According to Fig.7, Apps with more sensitive permissions (high P-Privacy) are more likely to have wide usage (high U-Privacy). In addition, for some Apps, the impact of low usage exceeds the impact of sensitive permissions on privacy values. In Fig.7, for different P-Privacy levels, the lower limits are basically the same, that is, they present a triangle distribution. Besides, with the increase in the P-Privacy level, the maximum of U-Privacy also rises. This observation indicates that the more sensitive permissions an App obtains, the more likely it will have wide usage. However, the lower limit of value is basically consistent, showing that there are also Apps with low U-Privacy among Apps with high P-Privacy. For these Apps, the impact of usage on their privacy values exceeds the impact of permissions.

Usage and sensitive permissions have a reflection on each other, indicating that Apps asking for more user information makes it easier to depict and predict user behavior. They can update products and promote popularization according to user preferences better, which results in increasing usage.

5.3 App usage

Fig.8 and Fig.9 show the average usage of Apps that correspond to P-Privacy and U-Privacy levels, respectively, according to PL standard.

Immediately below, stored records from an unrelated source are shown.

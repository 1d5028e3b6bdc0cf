//! Variables in types.
ghost use Rattle.std.specs.Prelude.{◌≡◌, ◌+◌, ◌<◌, ◌^◌, IfOk, IsTrue, take};
ghost use Rattle.uc_context.specs.Contexts.{AreDeclaredBefore};
ghost use Rattle.uc_context.specs.Counts.{levels_of_open, levels_of_opens};
ghost use Rattle.uc_context.specs.Opens.{opens_of};
ghost use Rattle.uc_context.specs.Solvable as spec;
ghost use Rattle.uc_context.specs.Variables.{is_monotype, are_monotypes, mentions, some_mentions, opened_at, opened_all_at, has_variables, has_variables_of};

use crate::context::Context;
use crate::open::{Open, OpenNode};
use std::alloc::{AllocError, Global};

impl Open {
    /// Whether no quantifier stands in it.
    #[cycle(is_monotype)]
    #[tactic(auto, using(crate::proofs::Sizes::parts))]
    pub fn is_monotype(&self) -> bool
        ensures { result ≡ is_monotype self.now }
    {
        match &self.node {
            OpenNode::Bound(_) | OpenNode::Rigid(_) | OpenNode::Exists(_) | OpenNode::Unit => true,
            OpenNode::Forall(_) => false,
            OpenNode::Arrow(a, b) => a.is_monotype() && b.is_monotype(),
            OpenNode::Tuple(ts) | OpenNode::Data(_, ts) => are_monotypes(ts),
        }
    }

    /// Whether an existential stands in it.
    #[cycle(mentions)]
    #[tactic(auto, using(crate::proofs::Sizes::parts))]
    pub fn mentions(&self, x: u64) -> bool
        ensures { result ≡ mentions x self.now }
    {
        match &self.node {
            OpenNode::Bound(_) | OpenNode::Rigid(_) | OpenNode::Unit => false,
            OpenNode::Exists(y) => *y == x,
            OpenNode::Forall(t) => t.mentions(x),
            OpenNode::Arrow(a, b) => a.mentions(x) || b.mentions(x),
            OpenNode::Tuple(ts) | OpenNode::Data(_, ts) => some_mentions(ts, x),
        }
    }

    /// The body of a quantifier with a type in place of the quantifier's variable.
    pub fn opened(&self, alloc: Global, by: &Open) -> Result<Open, AllocError>
        requires { levels_of_open self.now < 2 ^ 32 }
        ensures { IfOk result (λ t. t ≡ opened_at 0 by.now self.now) }
    {
        open_at(alloc, 0, by, self)
    }
}

#[cycle(is_monotype)]
#[tactic(auto, using(crate::proofs::Sizes::parts))]
fn are_monotypes(ts: &[Open]) -> bool
    ensures { result ≡ are_monotypes (opens_of ts.now) }
{
    for t in ts {
        if !t.is_monotype() {
            return false;
        }
    }
    true
}

#[cycle(mentions)]
#[tactic(auto, using(crate::proofs::Sizes::parts))]
fn some_mentions(ts: &[Open], x: u64) -> bool
    ensures { result ≡ some_mentions x (opens_of ts.now) }
{
    for t in ts {
        if t.mentions(x) {
            return true;
        }
    }
    false
}

#[cycle(open_at)]
#[tactic(auto, using(crate::proofs::Sizes::parts))]
fn open_at(alloc: Global, k: u32, by: &Open, t: &Open) -> Result<Open, AllocError>
    requires { k + levels_of_open t.now < 2 ^ 32 }
    ensures { IfOk result (λ u. u ≡ opened_at k by.now t.now) }
{
    match &t.node {
        OpenNode::Bound(i) if *i == k => by.copy(alloc),
        OpenNode::Bound(i) => Ok(Open::bound(*i)),
        OpenNode::Rigid(x) => Ok(Open::rigid(*x)),
        OpenNode::Exists(x) => Ok(Open::existential(*x)),
        OpenNode::Forall(a) => {
            let a = open_at(alloc, k + 1, by, a)?;
            Open::forall(alloc, a)
        }
        OpenNode::Arrow(a, b) => {
            let a = open_at(alloc, k, by, a)?;
            let b = open_at(alloc, k, by, b)?;
            Open::arrow(alloc, a, b)
        }
        OpenNode::Unit => Ok(Open::unit()),
        OpenNode::Tuple(ts) => {
            let ts = open_all_at(alloc, k, by, ts)?;
            Ok(Open::tuple(ts))
        }
        OpenNode::Data(x, ts) => {
            let ts = open_all_at(alloc, k, by, ts)?;
            Ok(Open::data(*x, ts))
        }
    }
}

#[cycle(open_at)]
#[tactic(auto, using(crate::proofs::Sizes::parts))]
fn open_all_at(alloc: Global, k: u32, by: &Open, ts: &[Open]) -> Result<Vec<Open>, AllocError>
    requires { k + levels_of_opens (opens_of ts.now) < 2 ^ 32 }
    ensures { IfOk result (λ us. opens_of us.items ≡ opened_all_at k by.now (opens_of ts.now)) }
{
    let mut opened = Vec::new(alloc);
    for t in ts {
        opened.push(open_at(alloc, k, by, t)?)?;
    }
    Ok(opened)
}

impl Context {
    /// Whether each rigid variable and each existential of a type is among so many entries.
    #[cycle(has_variables)]
    #[tactic(auto, using(crate::proofs::Sizes::parts))]
    fn has_variables(&self, limit: usize, t: &Open) -> bool
        ensures { result ≡ has_variables (take limit self.now) t.now }
    {
        match &t.node {
            OpenNode::Bound(_) | OpenNode::Unit => true,
            OpenNode::Rigid(x) => self.has_rigid(limit, *x),
            OpenNode::Exists(x) => self.has_existential(limit, *x),
            OpenNode::Forall(a) => self.has_variables(limit, a),
            OpenNode::Arrow(a, b) => self.has_variables(limit, a) && self.has_variables(limit, b),
            OpenNode::Tuple(ts) | OpenNode::Data(_, ts) => self.has_variables_of(limit, ts),
        }
    }

    #[cycle(has_variables)]
    #[tactic(auto, using(crate::proofs::Sizes::parts))]
    fn has_variables_of(&self, limit: usize, ts: &[Open]) -> bool
        ensures { result ≡ has_variables_of (take limit self.now) (opens_of ts.now) }
    {
        for t in ts {
            if !self.has_variables(limit, t) {
                return false;
            }
        }
        true
    }

    /// Whether a type is a monotype whose variables all stand before an existential.
    #[tactic(auto, using(crate::proofs::Declared::variables_declared))]
    pub fn can_solve(&self, which: u64, with: &Open) -> bool
        ensures value { result ≡ spec.can_solve self.now which with.now }
        ensures declared { IsTrue result → AreDeclaredBefore self.now with.now which }
    {
        with.is_monotype() && self.has_variables(self.count_before(which), with)
    }
}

In Fig.8 and Fig.9, the number of Apps at high P-Levels is small, but the usage is large. However, although many Apps have low privacy values, their usage is less than one tenth to that of those Apps with high privacy values. This conclusion is particularly obvious in the U-Privacy levels. The average usage of Apps and its quantity show a “scissors gap”. However, the situation is more moderate in P-Privacy levels. The number of mid-level (P-Privacy level 4) Apps is the largest, and high-level Apps number is significantly larger than low-level ones.

In addition, the level of P-Privacy and U-Privacy have the similar trend, but the difference among U-Privacy levels is more obvious. Specifically, usage increases exponentially as the level goes up. In P-Privacy, the difference between the highest and lowest usage is about 30 times, which can reach 7000 times in U-Privacy. It can be speculated that the usage is included in the U-Privacy calculation, which may be the reason why the average usage of App at high levels is much larger than that in the P-Privacy calculation.

5.4 App categories

Fig.10 and Fig.11 show the distribution of different App categories at various levels in PL standard. In Fig.10 and Fig.11, the larger the bubble is, the more Apps of a certain category are under the corresponding P-Level.

According to the P-Privacy levels, lifestyle, shopping, socializing, finance, and office Apps are mostly at high levels. Photography Apps are mostly at the low levels, and other Apps are relatively evenly distributed at various levels. Vertically, Apps at low levels are mainly concentrated in photography and tool, whereas those at high levels are mainly in lifestyle and tool. In other words, tool Apps occupy a large proportion in both levels.

In terms of U-Privacy levels, horizontally viewing by category, all kinds of Apps are basically concentrated in the low levels. Lifestyle, game, and tool Apps are most prominent. Vertically, low-level Apps are dominated by lifestyle, game, and tool, whereas high-level Apps are mostly lifestyle, education, and tool Apps. Consequently, in App governance, attention should be paid to common Apps, which are more prone to privacy problems.

6 Conclusions

This paper proposes P-Level to facilitate App governance. To compute P-Level, two privacy values, namely, Permission-based Privacy Value and Usage-based Privacy Value, are presented. Then, we explore two ways of dividing privacy values into P-Levels: Equal division and clustering. According to real-world dataset results, the numbers of Apps are more evenly distributed under P-Level calculated by clustering, and it is defined as the PL standard. Besides, when verifying the correctness of P-Level on the problematic App list released by government, PL standard also shows better recognition ability. The analysis about the PL standard, App usage, and categories have also been given. Overall, the PL standard based on real-world dataset serves as an automated tool for future large-scale App governance with good efficiency, accuracy, and adaptivity.